Task statement ->
Your answer must be one number: the count of lines below that include "Opens".

Excerpted data ->
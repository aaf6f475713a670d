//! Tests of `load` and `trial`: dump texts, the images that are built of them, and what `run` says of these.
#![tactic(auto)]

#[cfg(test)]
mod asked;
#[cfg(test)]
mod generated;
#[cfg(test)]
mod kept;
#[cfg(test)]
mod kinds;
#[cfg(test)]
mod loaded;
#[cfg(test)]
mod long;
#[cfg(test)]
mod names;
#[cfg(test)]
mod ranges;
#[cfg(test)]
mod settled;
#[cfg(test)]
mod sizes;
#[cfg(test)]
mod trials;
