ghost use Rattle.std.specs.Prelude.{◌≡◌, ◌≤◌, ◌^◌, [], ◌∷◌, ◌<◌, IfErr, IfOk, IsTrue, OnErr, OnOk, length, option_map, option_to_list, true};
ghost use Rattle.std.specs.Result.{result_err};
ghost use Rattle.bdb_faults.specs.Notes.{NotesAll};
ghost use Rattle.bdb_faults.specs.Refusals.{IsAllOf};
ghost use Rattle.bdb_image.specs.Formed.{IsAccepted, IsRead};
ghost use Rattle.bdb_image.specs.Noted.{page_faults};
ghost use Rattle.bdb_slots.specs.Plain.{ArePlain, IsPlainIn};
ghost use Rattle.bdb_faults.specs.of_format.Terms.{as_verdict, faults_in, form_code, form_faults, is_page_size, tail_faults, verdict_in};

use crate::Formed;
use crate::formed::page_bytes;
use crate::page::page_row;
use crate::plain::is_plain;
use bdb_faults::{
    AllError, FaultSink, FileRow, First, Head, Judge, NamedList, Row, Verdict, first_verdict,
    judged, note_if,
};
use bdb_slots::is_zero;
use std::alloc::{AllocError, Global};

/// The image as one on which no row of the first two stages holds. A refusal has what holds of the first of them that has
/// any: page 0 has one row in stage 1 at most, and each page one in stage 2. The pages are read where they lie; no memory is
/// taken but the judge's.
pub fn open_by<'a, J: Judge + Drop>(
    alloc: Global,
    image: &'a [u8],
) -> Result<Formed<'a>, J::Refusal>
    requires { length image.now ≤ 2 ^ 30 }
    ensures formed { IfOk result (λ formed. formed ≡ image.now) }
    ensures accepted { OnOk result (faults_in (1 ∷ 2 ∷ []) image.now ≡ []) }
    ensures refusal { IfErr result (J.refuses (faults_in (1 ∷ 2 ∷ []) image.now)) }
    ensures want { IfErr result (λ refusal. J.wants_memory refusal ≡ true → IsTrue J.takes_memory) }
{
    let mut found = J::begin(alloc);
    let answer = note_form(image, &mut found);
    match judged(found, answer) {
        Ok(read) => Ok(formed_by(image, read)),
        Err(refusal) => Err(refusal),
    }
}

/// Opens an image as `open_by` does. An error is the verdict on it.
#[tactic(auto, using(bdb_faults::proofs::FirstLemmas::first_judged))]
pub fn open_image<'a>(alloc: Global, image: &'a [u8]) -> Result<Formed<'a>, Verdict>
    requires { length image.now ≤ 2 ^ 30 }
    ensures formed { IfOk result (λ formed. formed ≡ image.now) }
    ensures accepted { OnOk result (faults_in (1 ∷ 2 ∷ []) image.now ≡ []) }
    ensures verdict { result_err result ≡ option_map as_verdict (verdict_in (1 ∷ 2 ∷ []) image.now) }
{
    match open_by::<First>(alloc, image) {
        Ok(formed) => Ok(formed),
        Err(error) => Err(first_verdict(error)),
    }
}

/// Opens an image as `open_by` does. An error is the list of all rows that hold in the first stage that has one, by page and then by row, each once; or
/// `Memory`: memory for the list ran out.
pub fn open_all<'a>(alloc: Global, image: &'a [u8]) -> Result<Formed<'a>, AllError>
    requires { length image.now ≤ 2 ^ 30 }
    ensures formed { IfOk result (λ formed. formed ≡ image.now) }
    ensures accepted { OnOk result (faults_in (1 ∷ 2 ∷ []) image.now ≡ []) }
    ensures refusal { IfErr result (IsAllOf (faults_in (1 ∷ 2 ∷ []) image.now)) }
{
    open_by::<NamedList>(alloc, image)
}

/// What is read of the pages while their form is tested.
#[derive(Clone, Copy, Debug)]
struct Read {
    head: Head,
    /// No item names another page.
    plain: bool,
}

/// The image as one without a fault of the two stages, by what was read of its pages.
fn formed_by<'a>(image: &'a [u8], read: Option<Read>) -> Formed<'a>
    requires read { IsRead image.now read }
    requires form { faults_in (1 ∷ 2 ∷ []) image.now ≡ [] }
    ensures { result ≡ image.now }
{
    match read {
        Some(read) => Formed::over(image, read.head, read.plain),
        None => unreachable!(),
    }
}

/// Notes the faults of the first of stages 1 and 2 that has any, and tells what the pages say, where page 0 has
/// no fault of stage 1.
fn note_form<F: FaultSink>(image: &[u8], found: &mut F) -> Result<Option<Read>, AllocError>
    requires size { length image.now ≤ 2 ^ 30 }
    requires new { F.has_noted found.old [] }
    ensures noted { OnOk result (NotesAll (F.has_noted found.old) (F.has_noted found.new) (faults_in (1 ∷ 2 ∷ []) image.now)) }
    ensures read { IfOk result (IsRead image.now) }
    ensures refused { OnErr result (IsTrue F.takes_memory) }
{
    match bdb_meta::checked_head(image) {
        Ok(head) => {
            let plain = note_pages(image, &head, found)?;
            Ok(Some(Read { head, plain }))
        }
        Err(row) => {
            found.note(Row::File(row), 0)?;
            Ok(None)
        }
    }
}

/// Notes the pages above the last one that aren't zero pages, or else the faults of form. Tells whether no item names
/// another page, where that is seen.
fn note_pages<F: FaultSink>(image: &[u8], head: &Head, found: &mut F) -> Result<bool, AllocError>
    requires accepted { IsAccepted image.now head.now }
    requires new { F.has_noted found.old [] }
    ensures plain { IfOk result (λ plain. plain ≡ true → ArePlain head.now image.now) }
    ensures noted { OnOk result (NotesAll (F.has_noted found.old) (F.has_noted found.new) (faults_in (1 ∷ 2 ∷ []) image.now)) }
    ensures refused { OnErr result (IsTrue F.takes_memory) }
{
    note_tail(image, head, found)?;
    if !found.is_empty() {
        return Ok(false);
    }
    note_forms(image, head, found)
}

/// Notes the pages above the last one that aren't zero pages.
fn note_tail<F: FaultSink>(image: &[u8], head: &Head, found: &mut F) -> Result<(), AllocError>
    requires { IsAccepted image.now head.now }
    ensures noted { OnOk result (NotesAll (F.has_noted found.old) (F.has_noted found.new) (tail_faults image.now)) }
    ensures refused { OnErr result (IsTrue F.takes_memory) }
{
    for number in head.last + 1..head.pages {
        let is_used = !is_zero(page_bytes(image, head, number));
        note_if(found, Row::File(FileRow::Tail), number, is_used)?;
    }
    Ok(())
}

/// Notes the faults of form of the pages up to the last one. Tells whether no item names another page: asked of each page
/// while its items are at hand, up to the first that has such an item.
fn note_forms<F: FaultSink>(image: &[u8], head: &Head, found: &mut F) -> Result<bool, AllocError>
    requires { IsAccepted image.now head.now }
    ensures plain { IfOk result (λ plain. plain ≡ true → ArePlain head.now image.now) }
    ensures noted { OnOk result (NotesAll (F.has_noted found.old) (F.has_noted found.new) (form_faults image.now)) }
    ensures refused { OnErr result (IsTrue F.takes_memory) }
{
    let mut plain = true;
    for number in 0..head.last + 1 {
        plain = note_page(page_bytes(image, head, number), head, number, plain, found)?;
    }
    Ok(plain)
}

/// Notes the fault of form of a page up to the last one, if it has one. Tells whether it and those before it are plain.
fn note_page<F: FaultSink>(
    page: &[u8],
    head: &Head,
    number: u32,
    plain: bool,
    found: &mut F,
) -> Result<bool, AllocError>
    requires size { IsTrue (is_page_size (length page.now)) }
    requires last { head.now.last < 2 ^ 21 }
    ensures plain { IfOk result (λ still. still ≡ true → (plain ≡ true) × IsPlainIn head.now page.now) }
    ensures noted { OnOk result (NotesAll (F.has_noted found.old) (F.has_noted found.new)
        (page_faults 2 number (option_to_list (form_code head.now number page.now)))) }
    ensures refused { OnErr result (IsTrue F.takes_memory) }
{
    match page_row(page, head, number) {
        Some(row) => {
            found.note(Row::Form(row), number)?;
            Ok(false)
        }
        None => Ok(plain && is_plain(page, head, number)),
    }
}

Expected answer ->
2